Dataset records
○ ○ ○ ○ ○
//! What a replica may send as a round opens.
ghost use Rattle.std.specs.Prelude.{◌≡◌};
ghost use Rattle.std.specs.Cmp.Lexicographic.{pointwise};
ghost use Rattle.ledger_model.specs.Values.{same_value};
ghost use Rattle.instance.specs.Plans.{same_report, same_signed};

use crate::height::Instance;
use ledger_model::{
    Ack, Batch, Lock, Phase, Place, Report, SignedReport, Statement, phase_of, place_of,
};
use lock_proofs::{is_quorate, is_supporting};
use phase_core::chosen_value;

/// Whether two reports are equal.
fn same_report(one: &Report, other: &Report) -> bool
    ensures { result ≡ same_report one.now other.now }
{
    one.version == other.version
        && one.height == other.height
        && one.phase == other.phase
        && one.signer == other.signer
        && one.all == other.all
        && one.initial == other.initial
        && one.proper.as_slice() == other.proper.as_slice()
        && one.locked.as_slice() == other.locked.as_slice()
}

/// Whether two signed reports are equal, signatures included.
fn same_signed(one: &SignedReport, other: &SignedReport) -> bool
    ensures { result ≡ same_signed one.now other.now }
{
    same_report(&one.report, &other.report)
        && one.signature.as_bytes() == other.signature.as_bytes()
}

impl Instance {
    ghost use Rattle.std.specs.Prelude.{◌≡◌, ◌<◌, ◌≤◌, ◌+◌, List, Option, Some, None, true, IsTrue, IfSome};
    ghost use Rattle.std.specs.Cmp.Lexicographic.{pointwise};
    ghost use Rattle.std.specs.List.{list_all};
    ghost use Rattle.std.specs.Option.{option_copied};
    ghost use Rattle.ledger_model.specs.declared.statement.Statement.{Statement};
    ghost use Rattle.ledger_model.specs.Values.{same_value};
    ghost use Rattle.ledger_model.specs.Notes.{Note, clock_of};
    ghost use Rattle.ledger_model.specs.Rules.{Ring};
    ghost use Rattle.ledger_model.specs.Lawful.{are_signed_reports};
    ghost use Rattle.lock_proofs.specs.Tables.{values_of};
    ghost use Rattle.instance.specs.Matching.{MatchesLog};
    ghost use Rattle.instance.specs.Plans.{own_report, is_kept, is_own_lock, is_own_ack, may_send_report, may_send_lock, may_send_ack, may_send, same_report, IsOwnStatement};
    ghost use Rattle.instance.specs.Laws.{MayBeSent};
    ghost use Rattle.ledger_model.specs.Limits.{last_round};

    /// Whether these are exactly the values of the held locks, in order.
    fn holds_just(&self, values: &[Batch]) -> bool
        ensures { result ≡ pointwise same_value values.now (values_of self.now.table) }
    {
        let held = self.locks.held();
        if values.len() != held.len() {
            return false;
        }
        for (place, lock) in held.iter().enumerate() {
            if values[place] != *lock.value() {
                return false;
            }
        }
        true
    }

    /// Whether this is the replica's own report of the phase.
    fn is_own_report(&self, report: &Report, phase: Phase) -> bool
        ensures { result ≡ same_report report.now (own_report self.now phase) }
    {
        report.version == self.config.frames
            && report.height == self.height
            && report.phase == phase
            && report.signer == self.id
            && report.all == self.proper.all()
            && report.initial == *self.proper.own()
            && report.proper.as_slice() == self.proper.explicit()
            && self.holds_just(report.locked.as_slice())
    }

    /// Whether the instance has this report, with this signature.
    fn keeps(&self, signed: &SignedReport) -> bool
        ensures { result ≡ is_kept self.now signed.now }
    {
        match self.reports.get(signed.report.signer) {
            Some(kept) => same_signed(signed, kept),
            None => false,
        }
    }

    /// Whether the instance has each of these reports, with these signatures.
    fn keeps_all(&self, reports: &[SignedReport]) -> bool
        ensures { result ≡ list_all (is_kept self.now) reports.now }
    {
        reports.iter().all(|signed| self.keeps(signed))
    }

    /// Whether this is a lock that the replica may make as the owner of the phase.
    fn is_own_lock(&self, lock: &Lock, phase: Phase) -> bool
        ensures { result ≡ is_own_lock self.now phase lock.now }
    {
        lock.version == self.config.frames
            && lock.height == self.height
            && lock.phase == phase
            && lock.signer == self.id
            && is_quorate(&self.config, lock)
            && is_supporting(lock)
            && self.keeps_all(lock.proof.as_slice())
    }

    /// Whether this is the replica's own acknowledgement of the value.
    fn is_own_ack(&self, ack: &Ack, phase: Phase, value: &Batch) -> bool
        ensures { result ≡ is_own_ack self.now phase value.now ack.now }
    {
        ack.version == self.config.frames
            && ack.height == self.height
            && ack.phase == phase
            && ack.signer == self.id
            && ack.value == *value
    }

    /// Whether the replica may send this as the round of locks opens.
    fn may_send_lock(&self, sent: Option<&Statement>, phase: Phase) -> bool
        ensures { result ≡ may_send_lock self.now phase (option_copied sent.entry) }
    {
        let is_owner = self.config.owner_of(phase) == self.id;
        match sent {
            Some(Statement::Lock(lock)) => is_owner && self.is_own_lock(lock, phase),
            Some(_) => false,
            None => {
                !is_owner || chosen_value(&self.config, &self.reports, self.proper.own()).is_none()
            }
        }
    }

    /// Whether the replica may send this as the round of acknowledgements opens.
    fn may_send_ack(&self, sent: Option<&Statement>, phase: Phase) -> bool
        ensures { result ≡ may_send_ack self.now phase (option_copied sent.entry) }
    {
        let is_owner = self.config.owner_of(phase) == self.id;
        match (sent, &self.taken) {
            (Some(Statement::Ack(ack)), Some(value)) => {
                !is_owner && self.is_own_ack(ack, phase, value)
            }
            (Some(_), _) => false,
            (None, taken) => is_owner || taken.is_none(),
        }
    }

    /// Whether the replica may send this as the round of reports opens.
    fn may_send_report(&self, sent: Option<&Statement>, phase: Phase) -> bool
        ensures { result ≡ may_send_report self.now phase (option_copied sent.entry) }
    {
        match sent {
            Some(Statement::Report(report)) => self.is_own_report(report, phase),
            _ => false,
        }
    }

    /// Whether the replica may send this as the round opens.
    #[tactic(auto, unfolding(crate::specs::Plans::may_send))]
    fn may_send(&self, sent: Option<&Statement>, round: u32) -> bool
        requires { (1 ≤ round) × (round ≤ last_round) }
        ensures { result ≡ may_send self.now round (option_copied sent.entry) }
    {
        let phase = phase_of(round);
        match place_of(u64::from(round)) {
            Place::Reports => self.may_send_report(sent, phase),
            Place::Lock => self.may_send_lock(sent, phase),
            Place::Acknowledgements => self.may_send_ack(sent, phase),
            Place::Release => sent.is_none(),
        }
    }

    /// Whether a replica that is not mute may send the statement, or nothing, as the next round opens. `clock` is the
    /// number of the round that closes. Allocates nothing.
    ///
    /// This doesn't cover an owner's acknowledgement of its own lock, which it makes and doesn't send. A mute replica
    /// sends nothing.
    pub fn may_make(&self, clock: u32, sent: Option<&Statement>) -> bool
        requires clock { clock < last_round }
        // It may exactly if every log that the instance matches allows it.
        ensures may { (ring : Ring) (log : List Note) → MatchesLog ring self.now log → clock_of log ≡ clock → result ≡ true
            → MayBeSent self.now log (clock + 1) (option_copied sent.entry) }
        ensures only { (ring : Ring) (log : List Note) → MatchesLog ring self.now log → clock_of log ≡ clock
            → MayBeSent self.now log (clock + 1) (option_copied sent.entry) → result ≡ true }
        // If the statement is a lock, the reports in its proof are signed.
        ensures proofs { (ring : Ring) (log : List Note) → MatchesLog ring self.now log → clock_of log ≡ clock → result ≡ true
            → IfSome (option_copied sent.entry) (λ s. IsTrue (are_signed_reports ring s)) }
        // What it may send is its own statement, of this height, whatever the log is.
        ensures own { result ≡ true → IfSome (option_copied sent.entry) (IsOwnStatement self.now) }
    {
        self.may_send(sent, clock + 1)
    }
}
○ ○ ○ ○ ○
Task brief
The records above need to be retyped in full, exactly as given.

Expected output
//! What a replica may send as a round opens.
ghost use Rattle.std.specs.Prelude.{◌≡◌};
ghost use Rattle.std.specs.Cmp.Lexicographic.{pointwise};
ghost use Rattle.ledger_model.specs.Values.{same_value};
ghost use Rattle.instance.specs.Plans.{same_report, same_signed};

use crate::height::Instance;
use ledger_model::{
    Ack, Batch, Lock, Phase, Place, Report, SignedReport, Statement, phase_of, place_of,
};
use lock_proofs::{is_quorate, is_supporting};
use phase_core::chosen_value;

/// Whether two reports are equal.
fn same_report(one: &Report, other: &Report) -> bool
    ensures { result ≡ same_report one.now other.now }
{
    one.version == other.version
        && one.height == other.height
        && one.phase == other.phase
        && one.signer == other.signer
        && one.all == other.all
        && one.initial == other.initial
        && one.proper.as_slice() == other.proper.as_slice()
        && one.locked.as_slice() == other.locked.as_slice()
}

/// Whether two signed reports are equal, signatures included.
fn same_signed(one: &SignedReport, other: &SignedReport) -> bool
    ensures { result ≡ same_signed one.now other.now }
{
    same_report(&one.report, &other.report)
        && one.signature.as_bytes() == other.signature.as_bytes()
}

impl Instance {
    ghost use Rattle.std.specs.Prelude.{◌≡◌, ◌<◌, ◌≤◌, ◌+◌, List, Option, Some, None, true, IsTrue, IfSome};
    ghost use Rattle.std.specs.Cmp.Lexicographic.{pointwise};
    ghost use Rattle.std.specs.List.{list_all};
    ghost use Rattle.std.specs.Option.{option_copied};
    ghost use Rattle.ledger_model.specs.declared.statement.Statement.{Statement};
    ghost use Rattle.ledger_model.specs.Values.{same_value};
    ghost use Rattle.ledger_model.specs.Notes.{Note, clock_of};
    ghost use Rattle.ledger_model.specs.Rules.{Ring};
    ghost use Rattle.ledger_model.specs.Lawful.{are_signed_reports};
    ghost use Rattle.lock_proofs.specs.Tables.{values_of};
    ghost use Rattle.instance.specs.Matching.{MatchesLog};
    ghost use Rattle.instance.specs.Plans.{own_report, is_kept, is_own_lock, is_own_ack, may_send_report, may_send_lock, may_send_ack, may_send, same_report, IsOwnStatement};
    ghost use Rattle.instance.specs.Laws.{MayBeSent};
    ghost use Rattle.ledger_model.specs.Limits.{last_round};

    /// Whether these are exactly the values of the held locks, in order.
    fn holds_just(&self, values: &[Batch]) -> bool
        ensures { result ≡ pointwise same_value values.now (values_of self.now.table) }
    {
        let held = self.locks.held();
        if values.len() != held.len() {
            return false;
        }
        for (place, lock) in held.iter().enumerate() {
            if values[place] != *lock.value() {
                return false;
            }
        }
        true
    }

    /// Whether this is the replica's own report of the phase.
    fn is_own_report(&self, report: &Report, phase: Phase) -> bool
        ensures { result ≡ same_report report.now (own_report self.now phase) }
    {
        report.version == self.config.frames
            && report.height == self.height
            && report.phase == phase
            && report.signer == self.id
            && report.all == self.proper.all()
            && report.initial == *self.proper.own()
            && report.proper.as_slice() == self.proper.explicit()
            && self.holds_just(report.locked.as_slice())
    }

    /// Whether the instance has this report, with this signature.
    fn keeps(&self, signed: &SignedReport) -> bool
        ensures { result ≡ is_kept self.now signed.now }
    {
        match self.reports.get(signed.report.signer) {
            Some(kept) => same_signed(signed, kept),
            None => false,
        }
    }

    /// Whether the instance has each of these reports, with these signatures.
    fn keeps_all(&self, reports: &[SignedReport]) -> bool
        ensures { result ≡ list_all (is_kept self.now) reports.now }
    {
        reports.iter().all(|signed| self.keeps(signed))
    }

    /// Whether this is a lock that the replica may make as the owner of the phase.
    fn is_own_lock(&self, lock: &Lock, phase: Phase) -> bool
        ensures { result ≡ is_own_lock self.now phase lock.now }
    {
        lock.version == self.config.frames
            && lock.height == self.height
            && lock.phase == phase
            && lock.signer == self.id
            && is_quorate(&self.config, lock)
            && is_supporting(lock)
            && self.keeps_all(lock.proof.as_slice())
    }

    /// Whether this is the replica's own acknowledgement of the value.
    fn is_own_ack(&self, ack: &Ack, phase: Phase, value: &Batch) -> bool
        ensures { result ≡ is_own_ack self.now phase value.now ack.now }
    {
        ack.version == self.config.frames
            && ack.height == self.height
            && ack.phase == phase
            && ack.signer == self.id
            && ack.value == *value
    }

    /// Whether the replica may send this as the round of locks opens.
    fn may_send_lock(&self, sent: Option<&Statement>, phase: Phase) -> bool
        ensures { result ≡ may_send_lock self.now phase (option_copied sent.entry) }
    {
        let is_owner = self.config.owner_of(phase) == self.id;
        match sent {
            Some(Statement::Lock(lock)) => is_owner && self.is_own_lock(lock, phase),
            Some(_) => false,
            None => {
                !is_owner || chosen_value(&self.config, &self.reports, self.proper.own()).is_none()
            }
        }
    }

    /// Whether the replica may send this as the round of acknowledgements opens.
    fn may_send_ack(&self, sent: Option<&Statement>, phase: Phase) -> bool
        ensures { result ≡ may_send_ack self.now phase (option_copied sent.entry) }
    {
        let is_owner = self.config.owner_of(phase) == self.id;
        match (sent, &self.taken) {
            (Some(Statement::Ack(ack)), Some(value)) => {
                !is_owner && self.is_own_ack(ack, phase, value)
            }
            (Some(_), _) => false,
            (None, taken) => is_owner || taken.is_none(),
        }
    }

    /// Whether the replica may send this as the round of reports opens.
    fn may_send_report(&self, sent: Option<&Statement>, phase: Phase) -> bool
        ensures { result ≡ may_send_report self.now phase (option_copied sent.entry) }
    {
        match sent {
            Some(Statement::Report(report)) => self.is_own_report(report, phase),
            _ => false,
        }
    }

    /// Whether the replica may send this as the round opens.
    #[tactic(auto, unfolding(crate::specs::Plans::may_send))]
    fn may_send(&self, sent: Option<&Statement>, round: u32) -> bool
        requires { (1 ≤ round) × (round ≤ last_round) }
        ensures { result ≡ may_send self.now round (option_copied sent.entry) }
    {
        let phase = phase_of(round);
        match place_of(u64::from(round)) {
            Place::Reports => self.may_send_report(sent, phase),
            Place::Lock => self.may_send_lock(sent, phase),
            Place::Acknowledgements => self.may_send_ack(sent, phase),
            Place::Release => sent.is_none(),
        }
    }

    /// Whether a replica that is not mute may send the statement, or nothing, as the next round opens. `clock` is the
    /// number of the round that closes. Allocates nothing.
    ///
    /// This doesn't cover an owner's acknowledgement of its own lock, which it makes and doesn't send. A mute replica
    /// sends nothing.
    pub fn may_make(&self, clock: u32, sent: Option<&Statement>) -> bool
        requires clock { clock < last_round }
        // It may exactly if every log that the instance matches allows it.
        ensures may { (ring : Ring) (log : List Note) → MatchesLog ring self.now log → clock_of log ≡ clock → result ≡ true
            → MayBeSent self.now log (clock + 1) (option_copied sent.entry) }
        ensures only { (ring : Ring) (log : List Note) → MatchesLog ring self.now log → clock_of log ≡ clock
            → MayBeSent self.now log (clock + 1) (option_copied sent.entry) → result ≡ true }
        // If the statement is a lock, the reports in its proof are signed.
        ensures proofs { (ring : Ring) (log : List Note) → MatchesLog ring self.now log → clock_of log ≡ clock → result ≡ true
            → IfSome (option_copied sent.entry) (λ s. IsTrue (are_signed_reports ring s)) }
        // What it may send is its own statement, of this height, whatever the log is.
        ensures own { result ≡ true → IfSome (option_copied sent.entry) (IsOwnStatement self.now) }
    {
        self.may_send(sent, clock + 1)
    }
}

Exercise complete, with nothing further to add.